Hulpvragen bij het ontwerpen

Hulpvragen bij het ontwerpen: informatie over de ‘V’s

De vragen hieronder kunnen je denken op weg helpen. Je kunt zelf vast nog meer vergelijkbare vragen bedenken die voor jouw ontwerp belangrijk zijn.

VOEDING

Hoe vindt het dier zijn voedsel?
Sommige dieren vinden hun voedsel door de vorm of kleur te herkennen. Bijen vinden bijvoorbeeld de juiste bloem doordat ze kleuren kunnen zien, zelfs meer dan wij. Andere dieren vinden hun voedsel op de geur of door te voelen.
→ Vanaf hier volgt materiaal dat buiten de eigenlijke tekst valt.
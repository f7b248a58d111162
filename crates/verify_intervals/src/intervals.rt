//! Intervals as sets ordered by inclusion, and checked arithmetic on their bounds.

ghost use Rattle.std.specs.Prelude.{◌≡◌, ◌≤ℤ◌, ◌<ℤ◌, ◌+◌, ◌+ℤ◌, ◌-ℤ◌, ◌*ℤ◌, ◌⊎◌, int_div, pos, IfSome, IsTrue};
ghost use Rattle.verify_logic.specs.States.{Below, just};

use verify_logic::Interval;

/// The lesser of two numbers.
pub fn lesser(a: i64, b: i64) -> i64
    ensures first { result ≤ℤ a }
    ensures second { result ≤ℤ b }
{
    if a < b { a } else { b }
}

/// The greater of two numbers.
pub fn greater(a: i64, b: i64) -> i64
    ensures first { a ≤ℤ result }
    ensures second { b ≤ℤ result }
{
    if a < b { b } else { a }
}

/// An interval that holds both.
pub fn hull(i: Interval, j: Interval) -> Interval
    ensures first { Below i result }
    ensures second { Below j result }
{
    let low = lesser(i.low, j.low);
    let high = greater(i.high, j.high);
    Interval { low, high }
}

/// Tests whether the one lies in the other.
pub fn lies_in(i: Interval, j: Interval) -> bool
    ensures { IsTrue result → Below i j }
{
    j.low <= i.low && i.high <= j.high
}

/// The interval of one number.
pub fn single(v: i64) -> Interval
    ensures { result ≡ just v }
{
    Interval { low: v, high: v }
}

/// The interval without a number, whose hull with another is the other.
pub fn nothing() -> Interval {
    Interval {
        low: i64::MAX,
        high: i64::MIN,
    }
}

/// Tests whether no number lies in the interval.
pub fn is_empty(i: Interval) -> bool
    ensures { IsTrue result → i.high <ℤ i.low }
{
    i.high < i.low
}

/// Tests whether 0 alone lies in the interval.
pub fn is_zero(i: Interval) -> bool
    ensures { IsTrue result → (i.low ≡ pos 0) × (i.high ≡ pos 0) }
{
    i.low == 0 && i.high == 0
}

/// Tests whether 0 lies outside the interval.
pub fn is_nonzero(i: Interval) -> bool
    ensures { IsTrue result → (pos 0 <ℤ i.low) ⊎ (i.high <ℤ pos 0) }
{
    0 < i.low || i.high < 0
}

/// The sum, where it fits.
pub fn add(a: i64, b: i64) -> Option<i64>
    ensures { IfSome result (λ r. r ≡ a +ℤ b) }
{
    a.checked_add(b)
}

/// The difference, where it fits.
pub fn subtract(a: i64, b: i64) -> Option<i64>
    ensures { IfSome result (λ r. r ≡ a -ℤ b) }
{
    a.checked_sub(b)
}

/// The product, where it fits.
pub fn multiply(a: i64, b: i64) -> Option<i64>
    ensures { IfSome result (λ r. r ≡ a *ℤ b) }
{
    a.checked_mul(b)
}

/// The quotient by a number above zero, cut towards zero.
pub fn divide(a: i64, b: i64) -> i64
    requires { pos 0 <ℤ b }
    ensures { result ≡ int_div a b }
{
    a / b
}

/// The quotients of both bounds.
pub fn divided_by(i: Interval, d: i64) -> Interval
    requires { pos 0 <ℤ d }
    ensures low { result.low ≡ int_div i.low d }
    ensures high { result.high ≡ int_div i.high d }
{
    let low = divide(i.low, d);
    let high = divide(i.high, d);
    Interval { low, high }
}

/// From 0 to the product, where it fits.
pub fn up_to_product(a: i64, b: i64) -> Option<Interval>
    ensures low { IfSome result (λ k. k.low ≡ pos 0) }
    ensures high { IfSome result (λ k. k.high ≡ a *ℤ b) }
{
    let Some(high) = multiply(a, b) else {
        return None;
    };
    Some(Interval { low: 0, high })
}

/// The product below and above 0, where it fits.
pub fn around_product(a: i64, b: i64) -> Option<Interval>
    ensures low { IfSome result (λ k. k.low ≡ pos 0 -ℤ (a *ℤ b)) }
    ensures high { IfSome result (λ k. k.high ≡ a *ℤ b) }
{
    let Some(high) = multiply(a, b) else {
        return None;
    };
    let Some(low) = subtract(0, high) else {
        return None;
    };
    Some(Interval { low, high })
}

/// The greatest magnitude of the numbers in the interval, where it fits.
pub fn greatest_magnitude(i: Interval) -> Option<i64>
    ensures { IfSome result (λ m. Below i (record { low = pos 0 -ℤ m; high = m })) }
{
    let Some(opposite) = subtract(0, i.low) else {
        return None;
    };
    let m = greater(opposite, i.high);
    Some(m)
}

/// An interval that holds 0, too.
pub fn with_zero(i: Interval) -> Interval
    ensures all { Below i result }
    ensures low { result.low ≤ℤ pos 0 }
    ensures high { pos 0 ≤ℤ result.high }
{
    let low = lesser(i.low, 0);
    let high = greater(i.high, 0);
    Interval { low, high }
}

/// The numbers of the opposite signs, where they fit.
pub fn opposite(i: Interval) -> Option<Interval>
    ensures low { IfSome result (λ k. k.low ≡ pos 0 -ℤ i.high) }
    ensures high { IfSome result (λ k. k.high ≡ pos 0 -ℤ i.low) }
{
    let Some(low) = subtract(0, i.high) else {
        return None;
    };
    let Some(high) = subtract(0, i.low) else {
        return None;
    };
    Some(Interval { low, high })
}

/// The sum of two sizes, where it fits.
pub fn add_usize(a: usize, b: usize) -> Option<usize>
    ensures { IfSome result (λ r. r ≡ a + b) }
{
    a.checked_add(b)
}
Varkens en mollen hebben bijvoorbeeld een gevoelige snuit waarmee ze voelen en ruiken tegelijk. Als er niet zoveel voedsel is, moeten dieren soms van de ene plek naar de andere trekken. Dat betekent dat er ook geen nest kan zijn en dat jonge dieren meteen mee moeten lopen. Als het dier het voedsel heeft herkend moet hij het ook nog kunnen pakken. Plantenwortels zitten stevig vast, dus daar moet hard aan getrokken worden. Dat kan met de bek of snavel, maar ook met de poten.

Hoe eet het dier zijn voedsel?
Als een dier het voedsel in de bek heeft, kan hij het niet zomaar doorslikken. Plantenwortels zijn taai en daar moet stevig op gekauwd worden. Je hebt dan een sterk gebit nodig met kiezen die niet snijden, maar malen. Vogels die geen gebit hebben gebruiken soms steentjes in hun maag om mee te malen.
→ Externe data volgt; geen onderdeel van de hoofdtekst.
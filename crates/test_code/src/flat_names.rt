//! Operands of flat code, and the meanings of numbers.

use crate::types::{constant, letter_of, place_of};
use frames_code::{Base, Conversion, Location, Operand, Operation, Target, Width};
use rv32::{RegisterOp, Test};
use test_rows::Words;

/// `tN`, `cN` or `aN` for a temporary, a word of the frame or an argument; else a constant.
pub fn operand_of(word: &[u8]) -> Operand {
    match letter_of(word) {
        b't' => Operand::Temporary(place_of(word)),
        b'c' => Operand::Cell(place_of(word)),
        b'a' => Operand::Argument(place_of(word)),
        _ => Operand::Constant(constant(word)),
    }
}

/// `tN` or `cN`.
pub fn target_of(word: &[u8]) -> Target {
    match letter_of(word) {
        b't' => Target::Temporary(place_of(word)),
        _ => Target::Cell(place_of(word)),
    }
}

/// `sN` in the statics, `fN` in the arrays of the frame, or `@` with an operand; the first two may have `+`, an index, `*` and a size behind them.
pub fn location_of(word: &[u8]) -> Location {
    let mut parts = Words::new(word, b'+');
    let start = parts.word();
    if !parts.is_over() {
        return indexed(start, parts.word());
    }
    match letter_of(word) {
        b's' => Location::Statics(place_of(word)),
        b'f' => Location::Frame(place_of(word)),
        _ => Location::At(operand_of(word.get(1..).unwrap_or(b""))),
    }
}

fn indexed(start: &[u8], further: &[u8]) -> Location {
    let mut parts = Words::new(further, b'*');
    Location::Indexed {
        base: base_of(start),
        index: operand_of(parts.word()),
        size: place_of(parts.word()),
    }
}

fn base_of(word: &[u8]) -> Base {
    match letter_of(word) {
        b's' => Base::Statics(place_of(word)),
        _ => Base::Frame(place_of(word)),
    }
}

/// A width by its number.
pub fn width_of(number: usize) -> Width {
    match number {
        0 => Width::Byte,
        1 => Width::SignedByte,
        2 => Width::Half,
        3 => Width::SignedHalf,
        _ => Width::Word,
    }
}

/// A test by its number.
pub fn test_of(number: usize) -> Test {
    match number {
        0 => Test::Equal,
        1 => Test::NotEqual,
        2 => Test::Less,
        3 => Test::GreaterEqual,
        4 => Test::LessUnsigned,
        _ => Test::GreaterEqualUnsigned,
    }
}

/// A conversion by its number.
pub fn conversion_of(number: usize) -> Conversion {
    match number {
        0 => Conversion::ToByte,
        1 => Conversion::ToSignedByte,
        2 => Conversion::ToHalf,
        3 => Conversion::ToSignedHalf,
        _ => Conversion::ToTruth,
    }
}

/// An operation by its number: those of the machine from 2 on.
pub fn operation_of(number: usize) -> Operation {
    match number {
        0 => Operation::Equal,
        1 => Operation::NotEqual,
        _ => Operation::Machine(register_op(number)),
    }
}

fn register_op(number: usize) -> RegisterOp {
    match number {
        2 => RegisterOp::Add,
        3 => RegisterOp::Sub,
        4 => RegisterOp::ShiftLeft,
        5 => RegisterOp::Less,
        6 => RegisterOp::LessUnsigned,
        7 => RegisterOp::Xor,
        8 => RegisterOp::ShiftRight,
        9 => RegisterOp::ShiftRightArithmetic,
        10 => RegisterOp::Or,
        11 => RegisterOp::And,
        12 => RegisterOp::Mul,
        13 => RegisterOp::MulHigh,
        14 => RegisterOp::MulHighSignedUnsigned,
        15 => RegisterOp::MulHighUnsigned,
        16 => RegisterOp::Div,
        17 => RegisterOp::DivUnsigned,
        18 => RegisterOp::Rem,
        _ => RegisterOp::RemUnsigned,
    }
}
VERDEDIGING TEGEN VIJANDEN

Hoe merkt het dier zijn vijanden op?
Ogen, oren en neus worden veel gebruikt. Sommige dieren voelen ook aan de trillingen van de grond als er iets zwaars aankomt. Dieren waarop gejaagd wordt hebben vaak de ogen opzij van de kop. Dieren die in groepen leven waarschuwen elkaar.
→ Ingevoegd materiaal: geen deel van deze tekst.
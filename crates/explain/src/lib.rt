//! Explains to a person why the compiler refuses a program: the token, the macro and includes that lead to it, a hint,
//! and the faults of the other functions.
#![tactic(auto)]

mod explaining;
mod undefined;

pub use explaining::{Explained, Stage, USUAL_FAULTS, explain};
pub use undefined::{Interpretation, Run, interpreted};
Hoe zorgt het dier dat het niet wordt opgegeten?
Er zijn veel manieren om te ontsnappen. Snel wegsprinten, in de grond of onder stenen kruipen, een stevig schild of pantser, stekels, afschrikken door geuren, kleuren of geluiden, schutkleur, vies smaken in het water springen etc. Dieren die in groepen leven kunnen ook elkaar beschermen. Roofdieren vinden het moeilijk een hele groep aan te vallen.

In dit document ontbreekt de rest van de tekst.